* _WORK REQUEST_
Retype exactly the lines that run from the line with "Ok(SubmitTpdu::of(octets))" to the final line of the entries, keeping both ends and nothing else.

RAW DATA Start Marker

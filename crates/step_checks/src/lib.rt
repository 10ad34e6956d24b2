// The checks of a step: the room of the runs lent (16), then the store's shape and the file (17, 12 and 13, 14 and 21).
#![tactic(auto)]

ghost use Rattle.std.specs.Prelude.{◌≡◌, ◌≤◌, List, length, Float};
ghost use Rattle.layout.specs.Layout.{element_ceiling, row_starts_length, shape_length, step_work_length};
ghost use Rattle.pywr.specs.Store.{Store};
ghost use Rattle.pywr.specs.Calls.{step_room};
ghost use Rattle.store.specs.Reading.{Lengths};
ghost use Rattle.step_checks.specs.Judged.{Judged};

use layout::STEP_WORK_LENGTH;
use pywr::{Answer, Reason};

// Whether runs of these lengths have the room that the ceilings need.
#[tactic(auto, unfolding(pywr::specs::Calls::step_room))]
pub fn has_room(
    col_lower: usize,
    col_upper: usize,
    col_obj_coef: usize,
    row_lower: usize,
    row_upper: usize,
    elements: usize,
    columns: usize,
    row_starts: usize,
    shape: usize,
    work: usize,
) -> bool
    ensures { (s : Store) (x : List Float) → Lengths s col_lower col_upper col_obj_coef row_lower row_upper elements columns row_starts shape
        → length x ≡ work → result ≡ step_room s x }
{
    store::has_room(
        col_lower,
        col_upper,
        col_obj_coef,
        row_lower,
        row_upper,
        elements,
        columns,
        row_starts,
        shape,
    ) & (STEP_WORK_LENGTH <= work)
}

// Judges a step file on a store with room: 17, 12 and 13, then 14 and 21. The intervals of an accepted file stand in the work run.
// A good file is walked once; where the walk stops, the file is read anew for its refusal.
pub fn judge(
    file: &[u8],
    columns: &[u16],
    row_starts: &[u32],
    shape: &[u16],
    work: &mut [f64],
) -> Answer
    requires { (element_ceiling ≤ length columns.now) × (row_starts_length ≤ length row_starts.now) × (shape_length ≤ length shape.now) × (step_work_length ≤ length work.old) }
    ensures { (s : Store) → s.columns ≡ columns.now → s.row_starts ≡ row_starts.now → s.shape ≡ shape.now
        → Judged s file.now result work.new }
{
    if !store::well_shaped(columns, row_starts, shape) {
        return Err(Reason::MisshapenStore.at(0));
    }
    if step_walk::walk_file(file, shape, work) {
        return Ok(());
    }
    step_file::read_step(file, shape)?;
    step_intervals::find_intervals(file, shape, work)
}
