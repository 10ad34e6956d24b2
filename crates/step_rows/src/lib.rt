// The varying rows of a step: reset to the sentinels, then tightened by the intervals of the nodes, the aggregates and the virtual
// storages; last the binary rows, whose bounds no interval moves (BuiltSolver::update and apply_updated_coefficients of builder.rs).
#![tactic(auto)]

ghost use Rattle.std.specs.Prelude.{ℕ, ◌+◌, ◌*◌, ◌<◌, ◌≤◌, List, length};
ghost use Rattle.layout.specs.Layout.{node_row_ceiling, row_ceiling, element_ceiling, node_rows_at, node_row_width, node_rows_in, step_work_length};
ghost use Rattle.pywr.specs.Programme.{Row};
ghost use Rattle.pywr.specs.StepIntervals.{Intervals};
ghost use Rattle.pywr.specs.Store.{Store};
ghost use Rattle.step_row_bounds.specs.SameRuns.{SameRuns};
ghost use Rattle.step_node_rows.specs.NodeConstraintBounds.{over, VaryingWritten, NodeRowFits, VaryingFit};
ghost use Rattle.step_rows.specs.ConstraintBounds.{store_of, StepRuns, StepWritten, HasRuns, HeldIn, binary_rows_updated};

use layout::{
    AGGREGATE_COUNT_AT, AGGREGATE_WIDTH, AGGREGATES_AT, AGGREGATES_HELD_AT,
    VIRTUAL_STORAGE_COUNT_AT, VIRTUAL_STORAGE_WIDTH, VIRTUAL_STORAGES_AT, VIRTUAL_STORAGES_HELD_AT,
};
use step_node_rows::{reset_binary_rows, update_coefficients, update_node_constraint_bounds};
use step_row_bounds::{StoreRows, apply_intervals, reset_row_bounds};

// The binary rows: reset, then with the step's coefficients.
fn update_binary_rows(store: &mut StoreRows<'_>, work: &[f64])
    requires { (row_ceiling ≤ length store.old.row_lower.now) × (row_ceiling ≤ length store.old.row_upper.now) × (element_ceiling ≤ length store.old.elements.now)
        × (step_work_length ≤ length work.now) × VaryingFit store.old.columns.now store.old.row_starts.now store.old.shape.now × (node_rows_in store.old.shape.now ≤ node_row_ceiling)
        × ((k : ℕ) → k < node_rows_in store.old.shape.now → NodeRowFits store.old.columns.now store.old.row_starts.now store.old.shape.now (node_rows_at + node_row_width * k)) }
    ensures rows { (s : Store) (rows : List Row)
        → VaryingWritten (over s store.old.columns.now store.old.row_starts.now store.old.shape.now) rows
        store.old.row_lower.now store.old.row_upper.now store.old.elements.now
        → VaryingWritten (over s store.old.columns.now store.old.row_starts.now store.old.shape.now)
        (binary_rows_updated (over s store.old.columns.now store.old.row_starts.now store.old.shape.now) work.now rows)
        store.new.row_lower.now store.new.row_upper.now store.new.elements.now }
    ensures same { SameRuns store.old store.new }
{
    reset_binary_rows(store);
    update_coefficients(store, work);
}

pub fn update_constraint_bounds(store: &mut StoreRows<'_>, work: &[f64])
    requires { StepRuns (store_of store.old.row_lower.now store.old.row_upper.now store.old.elements.now store.old.columns.now store.old.row_starts.now store.old.shape.now) work.now }
    ensures rows { (s : Store) (i : Intervals)
        → HasRuns s store.old.row_lower.now store.old.row_upper.now store.old.elements.now store.old.columns.now store.old.row_starts.now store.old.shape.now
        → HeldIn s work.now i
        → StepWritten s i store.new.row_lower.now store.new.row_upper.now store.new.elements.now }
    ensures same { SameRuns store.old store.new }
{
    reset_row_bounds(store);
    update_node_constraint_bounds(store, work);
    let aggregates = usize::from(store.shape[AGGREGATE_COUNT_AT]);
    apply_intervals(
        store,
        AGGREGATES_AT,
        AGGREGATE_WIDTH,
        aggregates,
        work,
        AGGREGATES_HELD_AT,
    );
    let virtual_storages = usize::from(store.shape[VIRTUAL_STORAGE_COUNT_AT]);
    apply_intervals(
        store,
        VIRTUAL_STORAGES_AT,
        VIRTUAL_STORAGE_WIDTH,
        virtual_storages,
        work,
        VIRTUAL_STORAGES_HELD_AT,
    );
    update_binary_rows(store, work);
}
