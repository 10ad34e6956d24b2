// Laws of lists, cited by the proofs of the other crates. No code.
#![tactic(auto)]
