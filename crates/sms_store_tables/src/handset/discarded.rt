//! The groups that the owner discarded.
ghost use Rattle.std.specs.Prelude.{refl};
ghost use Rattle.sms_store_tables.specs.handset.DiscardedGroupList.{mark_is_list, mark_list};

use crate::fields;
use crate::handset::group::group_at;
use crate::handset::kind::HandsetStore;
use crate::references::{reference_bits, reference_number};
use sms_handset_rows::inbox::DiscardedGroup;
use sms_store_sql::listing::{Counted, StoredRow, octets_at, run_counted, text_of, word_at};
use sms_store_sql::schema::StoredTable;
use sms_store_sql::table;
use sqlite::{Alter, Error, Row, Transaction, params};
use std::alloc::Global;

impl StoredRow<HandsetStore> for DiscardedGroup {
    ghost list = { mark_list };

    fn table() -> StoredTable {
        table!(discarded_group in 8, key number,
            number INTEGER NOT NULL, source_ton INTEGER NOT NULL, source_npi INTEGER NOT NULL,
            source TEXT NOT NULL, reference_bits INTEGER NOT NULL, reference INTEGER NOT NULL,
            total INTEGER NOT NULL, seen BLOB NOT NULL,
        )
    }

    fn write<S: Alter>(&self, alloc: Global, tx: &mut Transaction<'_, S>, text: &str) -> Counted {
        let group = &self.group;
        let source = text_of(alloc, group.source.digits.as_few())?;
        run_counted(
            tx,
            text,
            params![
                self.number,
                u32::from(group.source.ton.number()),
                u32::from(group.source.npi),
                &source,
                reference_bits(group.reference),
                reference_number(group.reference),
                u32::from(group.total),
                self.seen.as_slice()
            ],
        )
    }

    fn read(_alloc: Global, row: &Row) -> Result<DiscardedGroup, Error> {
        fields!(DiscardedGroup in row, number: word_at(0), group: group_at(1), seen: octets_at(7))
    }

    ghost one_key = { λ x. refl };

    ghost is_list = { mark_is_list };
}
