//! What waits and is shared by copies.
ghost use Rattle.std.specs.Prelude.{◌≡◌, ◌↔◌, ◌<◌, ℕ, [], true, IfOk, option_copied};
ghost use Rattle.sms_rows.specs.table.Table.{Rises, row_at};
ghost use Rattle.sms_centre_rows.specs.waiting.Keys.{queued_key};
ghost use Rattle.sms_centre_rows.specs.waiting.References.{AreHeld};
ghost use Rattle.sms_schedule.specs.waiting.Base.{AllBelow};

use crate::waiting::held::{held_with, none_held};
use crate::waiting::ordered_rows::is_below;
use sms_centre_rows::waiting::QueuedPart;
use sms_rows::table::{Key, Row, Table};
use std::alloc::{AllocError, Global};
use std::marker::Model;
use std::sync::Arc;

// What waits, and for each reference whether something of it holds it: so that an event which gives a reference has not to go through
// all that waits, which lies in memory that no other event has touched for long.
#[derive(Drop)]
struct Flagged {
    table: Table<QueuedPart>,
    held: [bool; 256],
}

impl Model for Flagged {
    ghost use Rattle.std.specs.Prelude.{List};
    ghost use Rattle.sms_centre_rows.specs.waiting.References.{AreHeld};
    ghost use Rattle.sms_centre_rows.specs.declared.waiting.queued_part.QueuedPart.{QueuedPart as QueuedOf};

    ghost Value = { List QueuedOf };

    ghost view = { λ f. f.table.rows };

    ghost invariant = { λ f. AreHeld f.held f.table.rows };
}

impl Flagged {
    fn of(table: Table<QueuedPart>) -> Flagged
        ensures { result ≡ table.rows }
    {
        let held = held_with(none_held(), table.as_slice());
        Flagged { table, held }
    }

    fn as_slice(&self) -> &[QueuedPart]
        ensures rows { result.now ≡ self.now }
        ensures order { Rises queued_key self.now }
    {
        self.table.as_slice()
    }

    fn find(&self, key: Key) -> Option<&QueuedPart>
        ensures { option_copied result ≡ row_at queued_key key self.now }
    {
        self.table.find(key)
    }

    fn held(&self) -> [bool; 256]
        ensures { AreHeld result self.now }
    {
        self.held
    }
}

/// Queued parts in the order of messages and numbers, which nobody changes and which copies share.
#[derive(Drop)]
pub(crate) struct SharedParts {
    // None while there are none.
    flagged: Option<Arc<Flagged>>,
    // No key is greater.
    end: u128,
}

impl Model for SharedParts {
    ghost use Rattle.std.specs.Prelude.{List, [], ℕ, ◌<◌};
    ghost use Rattle.sms_centre_rows.specs.waiting.Keys.{queued_key};
    ghost use Rattle.sms_schedule.specs.waiting.Base.{AllBelow};
    ghost use Rattle.std.specs.Option.{option_map_or};
    ghost use Rattle.sms_centre_rows.specs.declared.waiting.queued_part.QueuedPart.{QueuedPart as QueuedOf};

    ghost Value = { List QueuedOf };

    ghost view = { λ s. option_map_or (λ f. f.value) s.flagged [] };

    ghost invariant = { λ s. (n : ℕ) → s.end < n → AllBelow queued_key n (option_map_or (λ f. f.value) s.flagged []) };
}

impl SharedParts {
    /// None.
    pub(crate) fn new() -> SharedParts
        ensures { result ≡ [] }
    {
        SharedParts {
            flagged: None,
            end: 0,
        }
    }

    /// The queued parts of the table.
    pub(crate) fn of(alloc: Global, table: Table<QueuedPart>) -> Result<SharedParts, AllocError>
        ensures { IfOk result (λ shared. shared ≡ table.rows) }
    {
        let end = last_key(table.as_slice());
        let flagged = Arc::new(alloc, Flagged::of(table))?;
        Ok(SharedParts {
            flagged: Some(flagged),
            end,
        })
    }

    /// A copy that shares the memory of what waits.
    pub(crate) fn share(&self) -> Result<SharedParts, AllocError>
        ensures { IfOk result (λ shared. shared ≡ self.now) }
    {
        match &self.flagged {
            Some(flagged) => {
                let flagged = Arc::try_clone(flagged)?;
                Ok(SharedParts {
                    flagged: Some(flagged),
                    end: self.end,
                })
            }
            None => Ok(SharedParts::new()),
        }
    }

    /// The queued parts in order.
    pub(crate) fn as_slice(&self) -> &[QueuedPart]
        ensures rows { result.now ≡ self.now }
        ensures order { Rises queued_key self.now }
    {
        match &self.flagged {
            Some(flagged) => flagged.as_slice(),
            None => &[],
        }
    }

    /// The queued part of that key, if it is one of them.
    pub(crate) fn find(&self, key: Key) -> Option<&QueuedPart>
        ensures { option_copied result ≡ row_at queued_key key self.now }
    {
        match &self.flagged {
            Some(flagged) => flagged.find(key),
            None => None,
        }
    }

    /// Whether all have lower keys.
    pub(crate) fn is_below(&self, key: Key) -> bool
        ensures { (result ≡ true) ↔ AllBelow queued_key key self.now }
    {
        if self.end < key.number() {
            return true;
        }
        is_below(self.as_slice(), key)
    }

    /// For each reference whether one of them holds it.
    pub(crate) fn held(&self) -> [bool; 256]
        ensures { AreHeld result self.now }
    {
        match &self.flagged {
            Some(flagged) => flagged.held(),
            None => none_held(),
        }
    }
}

// The key of the last of these, which stand in order, or 0.
fn last_key(all_queued: &[QueuedPart]) -> u128
    requires { Rises queued_key all_queued.now }
    ensures { (n : ℕ) → result < n → AllBelow queued_key n all_queued.now }
{
    match all_queued.last() {
        Some(queued) => queued.key().number(),
        None => 0,
    }
}
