//! The names of accounts, each kept once.
ghost use Rattle.std.specs.Prelude.{◌≡◌, [], ◌<◌, IfNone, IfOk, IfSome, IsOk, OnErr, option_copied, slice_get};
ghost use Rattle.sms_rows.specs.interning.Interning.{Interned, IsAt, IsNowhere, Keeps, TookNumbers, Suffices};

use sms_base::Octets;
use std::alloc::{AllocError, Global};
use std::marker::Model;

/// The names of accounts, each once. Contracts see the list of them and how many more the memory holds. A look-up walks
/// through them: a centre has 32 accounts at most.
#[derive(Drop)]
pub struct Accounts {
    names: Vec<Octets>,
}

impl Model for Accounts {
    ghost use Rattle.std.specs.Prelude.{ℕ, List, ◌-◌, length, vec_capacity};
    ghost use Rattle.sms_rows.specs.interning.Interning.{InternedOf};

    ghost Value = { InternedOf (List ℕ) };

    ghost view = { λ a. record { values = a.names.items; room = vec_capacity a.names - length a.names.items } };
}

/// Memory for names that no list uses yet, seen by contracts as how many it holds.
#[derive(Drop)]
pub struct AccountsReserve {
    names: Vec<Octets>,
}

impl Model for AccountsReserve {
    ghost use Rattle.std.specs.Prelude.{◌≡◌, ℕ, [], vec_capacity};

    ghost Value = { ℕ };

    ghost view = { λ s. vec_capacity s.names };

    ghost invariant = { λ s. s.names.items ≡ [] };
}

impl Accounts {
    /// No names.
    pub fn new(alloc: Global) -> Accounts
        ensures { result.values ≡ [] }
    {
        Accounts {
            names: Vec::new(alloc),
        }
    }

    // The place of the name, if it is there.
    fn place(&self, name: &Octets) -> Option<usize>
        ensures some { IfSome result (λ place. IsAt name.now place self.now.values) }
        ensures none { IfNone result (IsNowhere name.now self.now.values) }
    {
        for place in 0..self.names.len() {
            if self.names[place].as_slice() == name.as_slice() {
                return Some(place);
            }
        }
        None
    }

    /// The name at the place, if there is one.
    pub fn at(&self, place: usize) -> Option<&Octets>
        ensures { option_copied result ≡ slice_get self.now.values place }
    {
        self.names.as_slice().get(place)
    }

    /// The place of the name, which is added where it is not there. Where memory is wanting, nothing has changed.
    pub fn put(&mut self, name: Octets) -> Result<usize, AllocError>
        ensures ok { IfOk result (λ place. Interned self.old name place self.new) }
        ensures err { OnErr result (self.new.values ≡ self.old.values) }
        ensures ready { 0 < self.old.room → IsOk result }
    {
        if let Some(place) = self.place(&name) {
            drop(name);
            return Ok(place);
        }
        let place = self.names.len();
        self.names.push(name)?;
        Ok(place)
    }

    /// Puts a name where there is room, without taking memory, and gives its place.
    pub fn put_ready(&mut self, name: Octets) -> usize
        requires { 0 < self.old.room }
        ensures { Interned self.old name result self.new }
    {
        match self.put(name) {
            Ok(place) => place,
            Err(_) => 0,
        }
    }

    /// Memory for that many names more where the own is too small for them, else none.
    pub fn make_reserve(&self, alloc: Global, extra: usize) -> Result<AccountsReserve, AllocError>
        ensures { IfOk result (λ reserve. Suffices extra reserve self.now) }
    {
        let len = self.names.len();
        if extra <= self.names.capacity() - len {
            let names = Vec::new(alloc);
            return Ok(AccountsReserve { names });
        }
        let Some(wanted) = len.checked_add(extra) else {
            return Err(AllocError);
        };
        let Some(capacity) = len.checked_add(wanted) else {
            return Err(AllocError);
        };
        let names = Vec::with_capacity(alloc, capacity)?;
        Ok(AccountsReserve { names })
    }

    /// Moves the names into the memory where it is larger than the own, without taking memory.
    pub fn use_reserve(&mut self, reserve: AccountsReserve)
        ensures values { Keeps self.old.values self.new.values }
        ensures same { self.new.values ≡ self.old.values }
        ensures room { TookNumbers reserve self.old self.new }
    {
        let mut names = reserve.names;
        if self.names.capacity() < names.capacity() {
            match names.append(&mut self.names) {
                Ok(()) => self.names = names,
                Err(_) => (),
            }
        }
    }
}
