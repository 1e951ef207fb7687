//! The outbox.
ghost use Rattle.std.specs.Prelude.{◌≡◌, ◌<◌, ◌≤◌, ℕ, List, length, pos, refl, IfErr, IfOk, IfSome};
ghost use Rattle.sqlite.specs.Values.{or_null};
ghost use Rattle.sqlite.specs.declared.types.Value.TheVariants.{Blob, Int};
ghost use Rattle.sqlite_value.specs.Order.{column};
ghost use Rattle.sms_base.specs.TimeStamp.{IsMoment};
ghost use Rattle.sms_store_sql.specs.listing.Columns.{IsOctet, number, octets_in, or_none};
ghost use Rattle.sms_store_sql.specs.listing.Reading.{HasAt, LacksMemory};
ghost use Rattle.sms_store_tables.specs.handset.OutEntryList.{out_is_list, out_list};

use crate::fields;
use crate::handset::kind::HandsetStore;
use crate::handset::words::{state_at, state_word};
use crate::key::seconds_of;
use sms_base::Moment;
use sms_handset_rows::outbox::{OutEntry, SubmitTpdu};
use sms_store_sql::listing::{
    Counted, StoredRow, address_at, flag_at, octet_at, octets_at, optional_moment_at,
    optional_octet_at, run_counted, text_of, word_at,
};
use sms_store_sql::schema::StoredTable;
use sms_store_sql::table;
use sqlite::{Alter, Error, Row, Transaction, params};
use std::alloc::Global;

impl StoredRow<HandsetStore> for OutEntry {
    ghost list = { out_list };

    fn table() -> StoredTable {
        table!(outbox in 6, key number,
            number INTEGER NOT NULL, message_reference INTEGER NOT NULL, reference INTEGER NOT NULL,
            destination_ton INTEGER NOT NULL, destination_npi INTEGER NOT NULL,
            destination TEXT NOT NULL, tpdu BLOB NOT NULL, is_long INTEGER NOT NULL,
            state TEXT NOT NULL, tries INTEGER NOT NULL, rejects_duplicates INTEGER NOT NULL,
            due INTEGER, status INTEGER,
        )
    }

    fn write<S: Alter>(&self, alloc: Global, tx: &mut Transaction<'_, S>, text: &str) -> Counted {
        let destination = text_of(alloc, self.destination.digits.as_few())?;
        run_counted(
            tx,
            text,
            params![
                self.number,
                u32::from(self.message_reference),
                u32::from(self.reference),
                u32::from(self.destination.ton.number()),
                u32::from(self.destination.npi),
                &destination,
                self.tpdu.as_slice(),
                self.is_long,
                state_word(self.state),
                u32::from(self.tries),
                self.rejects_duplicates,
                seconds_of(self.due),
                word_of(self.status)
            ],
        )
    }

    fn read(_alloc: Global, row: &Row) -> Result<OutEntry, Error> {
        fields!(OutEntry in row,
            number: word_at(0), message_reference: octet_at(1), reference: octet_at(2),
            destination: address_at(3), tpdu: submit_at(6), is_long: flag_at(7),
            state: state_at(8), tries: octet_at(9), rejects_duplicates: flag_at(10),
            due: optional_moment_at(11), status: optional_octet_at(12),
        )
    }

    ghost one_key = { λ x. refl };

    ghost is_list = { out_is_list };
}

fn submit_at(row: &Row, at: usize) -> Result<SubmitTpdu, Error>
    ensures value { IfOk result (λ submit. submit ≡ octets_in (column row.now at)) }
    ensures only { (octets : List ℕ) → 0 < length octets → length octets ≤ 200 → HasAt row.now at (Blob octets) → IfErr result LacksMemory }
{
    let octets = octets_at(row, at)?;
    if octets.len() == 0 || octets.len() > 200 {
        return Err(Error::IntegralValueOutOfRange(at));
    }
    Ok(SubmitTpdu::of(octets))
}

fn word_of(octet: Option<u8>) -> Option<u32>
    ensures value { or_null (λ n. Int (pos n)) result ≡ or_none number octet }
    ensures stored { IfSome octet IsOctet }
{
    match octet {
        Some(octet) => Some(u32::from(octet)),
        None => None,
    }
}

RAW DATA End Marker

* _WRITTEN REPLY_
    Ok(SubmitTpdu::of(octets))
}

fn word_of(octet: Option<u8>) -> Option<u32>
    ensures value { or_null (λ n. Int (pos n)) result ≡ or_none number octet }
    ensures stored { IfSome octet IsOctet }
{
    match octet {
        Some(octet) => Some(u32::from(octet)),
        None => None,
    }
}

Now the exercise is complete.